As you can see from above, this fluid is certainly pseudoplastic (shear-thinning) and potentially thixotropic (apparent viscosity decreasing with duration of stress). I am arranging for testing to see if the fluid is indeed thixotropic.

VFD and pump priming:
We thought the VFD would be needed during pump start-up to avoid priming issues when ramping up to the target flow rate too quickly (20 gpm).

This is a retrofit project so we have to live with the storage vessel in place. However, we are moving the pump as close as possible to the sunction flange and making the pipe size as big as possible (the suction nozzle to the pump is 4” dia). The suction nozzle is vertical, so we will need a 90 degree bend before the pump. Do you think it is over-kill to specify a long radius 90 degree bend?

More Viscosity Data:
I have provided an image of my viscosity vs shear rate curve below, I’ve updated my data with a second round of testing. As you can see – the fluid doesn’t appear to have an obvious plateau in the viscosity at low shear rate.

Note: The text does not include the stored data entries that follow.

// This file has requests with the replies that are due, and serves them over readers and writers that cut
// their bytes.

use crate::tests::devices::{Endless, Failing, Script, Sink, make_sink};
use crate::tests::shared::{DEFAULT_MEMORY, DEFAULT_STEPS, expect_same, rules};
use ptb_explore::Form;
use ptb_options::{Mode, Request};
use ptb_serve::{Note, Outcome, serve};
use ptb_text::{Device, Read};
use std::alloc::{AllocError, Global};
use std::process::Abort;

/// What a row requests.
#[derive(Clone, Copy)]
pub(crate) enum Kind<'a> {
    Run(&'a [i16]),
    Seed(u64),
    // The lists of at most so many answers that split all runs, in this form.
    Shares(u8, Form),
    // The runs of seed 7: so many, in this form.
    Sample(u32, Form),
    List,
    Check,
    Chances,
}

/// A request with its program and input, and what is due: the bytes, the status and the note.
#[derive(Clone, Copy)]
pub(crate) struct ServedRow<'a> {
    pub(crate) kind: Kind<'a>,
    pub(crate) steps: u32,
    pub(crate) choose: Option<i16>,
    pub(crate) memory: u16,
    pub(crate) program: &'a [u8],
    pub(crate) input: &'a [u8],
    pub(crate) bytes: &'a [u8],
    pub(crate) status: u8,
    pub(crate) note: Option<Note>,
}

/// A run of a request that gives neither steps nor memory nor a bound, without answers and input
/// lines.
pub(crate) const RUN: ServedRow<'static> = ServedRow {
    kind: Kind::Run(&[]),
    steps: DEFAULT_STEPS,
    choose: None,
    memory: DEFAULT_MEMORY,
    program: b"",
    input: b"",
    bytes: b"",
    status: 0,
    note: None,
};

// Such a run of a program with the bytes and the status that are due, except for the fields given
// after them. Rows of constants can't call functions.
macro_rules! row {
    ($program:expr, $bytes:expr, $status:expr $(, $field:ident = $value:expr)*) => {
        ServedRow {
            program: $program,
            bytes: $bytes,
            status: $status,
            $($field: $value,)*
            ..RUN
        }
    };
}

pub(crate) use row;

// A table of such rows.
macro_rules! rows {
    ($($fields:tt),* $(,)?) => {
        &[$(row! $fields),*]
    };
}

pub(crate) use rows;

/// What is done with a program by each kind of request that runs it once, samples its runs, adds their
/// chances up, or lists it or its mistakes.
pub(crate) const EACH_KIND: &[Kind<'static>] = &[
    Kind::Run(&[]),
    Kind::Seed(7),
    Kind::Shares(2, Form::Two),
    Kind::Sample(3, Form::Two),
    Kind::List,
    Kind::Check,
    Kind::Chances,
];

/// The result of a request and what was written: this status with this note, and these bytes.
pub(crate) fn expect_reply(
    rt: &impl Abort,
    reply: (Outcome, Vec<u8>),
    due: (u8, Option<Note>),
    bytes: &[u8],
) {
    let (outcome, written) = reply;
    let found = (outcome.status, outcome.note, written.as_slice());
    expect_same(rt, "a reply", found, (due.0, due.1, bytes));
}

/// The result of a request with a writer that takes some bytes a call, and what is written.
pub(crate) fn reply_to<P: Read, R: Read>(
    alloc: Global,
    request: &Request,
    program: &mut P,
    input: &mut R,
    piece: usize,
) -> (Outcome, Vec<u8>) {
    let mut sink = make_sink(alloc, piece, usize::MAX, Failing::Breaks);
    let mut out = Device::new(&mut sink);
    let outcome = serve(alloc, request, program, input, &mut out);
    (outcome, sink.taken)
}

/// The result of a request whose input is endless, what is written, and how much was read.
pub(crate) fn reply_on_endless_input(
    alloc: Global,
    request: &Request,
    program: &[u8],
    piece: usize,
) -> ((Outcome, Vec<u8>), usize) {
    let mut endless = Endless { given: 0 };
    let mut program = Device::new(program);
    let mut input = Device::new(&mut endless);
    let reply = reply_to(alloc, request, &mut program, &mut input, piece);
    (reply, endless.given)
}

/// The request of a row.
pub(crate) fn request_of(alloc: Global, row: &ServedRow<'_>) -> Result<Request, AllocError> {
    let mode = match row.kind {
        Kind::Run(answers) => Mode::Plain(Vec::from_slice(alloc, answers)?.into()),
        Kind::Seed(seed) => Mode::Seeded(seed),
        Kind::Shares(answers, form) => Mode::Shares { answers, form },
        Kind::Sample(runs, form) => Mode::Sample {
            seed: 7,
            runs,
            form,
        },
        Kind::List => Mode::List,
        Kind::Check => Mode::Check,
        Kind::Chances => Mode::Chances,
    };
    Ok(Request {
        rules: rules(row.steps, row.choose),
        memory: row.memory.clamp(64, 32767),
        mode,
    })
}

/// Serves a request for a program and its input with this writer.
pub(crate) fn outcome_of(
    alloc: Global,
    request: &Request,
    program: &[u8],
    input: &[u8],
    sink: &mut Sink,
) -> Outcome {
    let (mut program, mut input) = (Device::new(program), Device::new(input));
    serve(
        alloc,
        request,
        &mut program,
        &mut input,
        &mut Device::new(sink),
    )
}

/// Serves a row whose readers give some bytes a call, and whose writer takes as many.
pub(crate) fn served(
    alloc: Global,
    row: &ServedRow<'_>,
    piece: usize,
) -> Result<(Outcome, Vec<u8>), AllocError> {
    let request = request_of(alloc, row)?;
    let mut program = Device::new(Script {
        bytes: row.program,
        piece,
        fails: false,
    });
    let mut input = Device::new(Script {
        bytes: row.input,
        piece,
        fails: false,
    });
    Ok(reply_to(alloc, &request, &mut program, &mut input, piece))
}

/// A row is served as it is due, with bytes that are cut so.
pub(crate) fn expect_served_row(
    rt: &impl Abort,
    alloc: Global,
    row: &ServedRow<'_>,
    piece: usize,
) -> Result<(), AllocError> {
    let (outcome, written) = served(alloc, row, piece)?;
    let found = (outcome.status, outcome.note, written.as_slice());
    let due = (row.status, row.note, row.bytes);
    expect_same(
        rt,
        "a row",
        (row.program, piece, found),
        (row.program, piece, due),
    );
    Ok(())
}

/// Each row is served as it is due, however the bytes are cut.
pub(crate) fn expect_served_rows(
    rt: &impl Abort,
    alloc: Global,
    rows: &[ServedRow<'_>],
) -> Result<(), AllocError> {
    for row in rows {
        for piece in [1, 5, 100_000] {
            expect_served_row(rt, alloc, row, piece)?;
        }
    }
    Ok(())
}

 Viscosity Curve for ChE Resources.bmp   976.59KB   62 downloads

Latexman

I do not know for certain whether the shear-thinning properties of the fluid are time dependent or not. From my description (to Ollie) above I think so, but your question has prompted me to get this tested – I will let you know.

When we pump this fluid through the pipeline for the first time, I am not worried about pump start-up. I am mostly worried about attempting to transfer it forward through an 80 foot line, full of stagnant fluid. I am not sure how to calculate the expected pressure drop at this boundary condition.

[kruegsw]

It appears the fluid I have is not a bingham fluid either, see the shear stress vs shear rate graph (calculated from the same data as in my previous post, using the relationship tau = viscosity*shear rate).

http://en.wikipedia....onian_fluid.PNG
 shear stress vs shear rate.bmp   803.3KB   30 downloads

Note that this data corresponds to "steady-state" data points (when taking data with instrument, hold shear rate constant until the apparent viscosity value hits steady state). Tomorrow I will have the data Latexman refences to test for whether the fluid's apparent viscosity is time depedent or not.

[agorag]

In the order of reducing shear, gear pumps are followed by double screw and then diaphragm and in-line-single-screw pumps.
I've seen in a food industry where the pipelines were gradually sloping upward, downstream of a single screw in-line pump, to minimise shear in the pipeline & bends.
Your scheme appears to be Ok.

[Ollie]

Agorag, I did not understand that for the fluid in question high shear rate was to be avoided ? This is why I was advising gear pump, to minimize pressure drop thanks to high shear.

Kruegsw, I do not have any clue regarding the impact of the long radius elbow. It helps in term of pressure drop in case of a Newtonian fluid, but I am not sure of the interest of it for a non newtonian fluid.

Regarding your viscosity / shear rate curve it usually is displayed under (logarithm viscosity) / (shear rate) form. you might want to display it under this form and talk with gear pump suppliers based on it. They should be able to give you sound advice by comparing your curve with their past experiences.

Good luck,

Ollie

[kruegsw]

I have procured shear stress vs shear rate data, with shear ranging 6 orders of magnitude (0.001 to 1000 reciprocal seconds). The fluid behaves according to a power law for that entire range, deviating only at very low shear rates (less than 0.01 1/s). With this new correlation I expect far less pressure drop than I had originally feared. The shear stress vs shear rate curve for this fluid approaches the origin, so there does not appear to be a significant yield stress - this resolves much of my pump-startup concerns.

If anybody is interested, I can provide a (sufficiently sterlized) shear stress vs shear rate graph, viscosity vs shear rate graph, shear rates for expected flow rates and pipe size combinations, and pressure drop vs flow graph. The numbers aren't so much important as understanding how these parameters affect one another.

Thank you all for your help.

Edited by kruegsw, 17 June 2010 - 05:24 PM.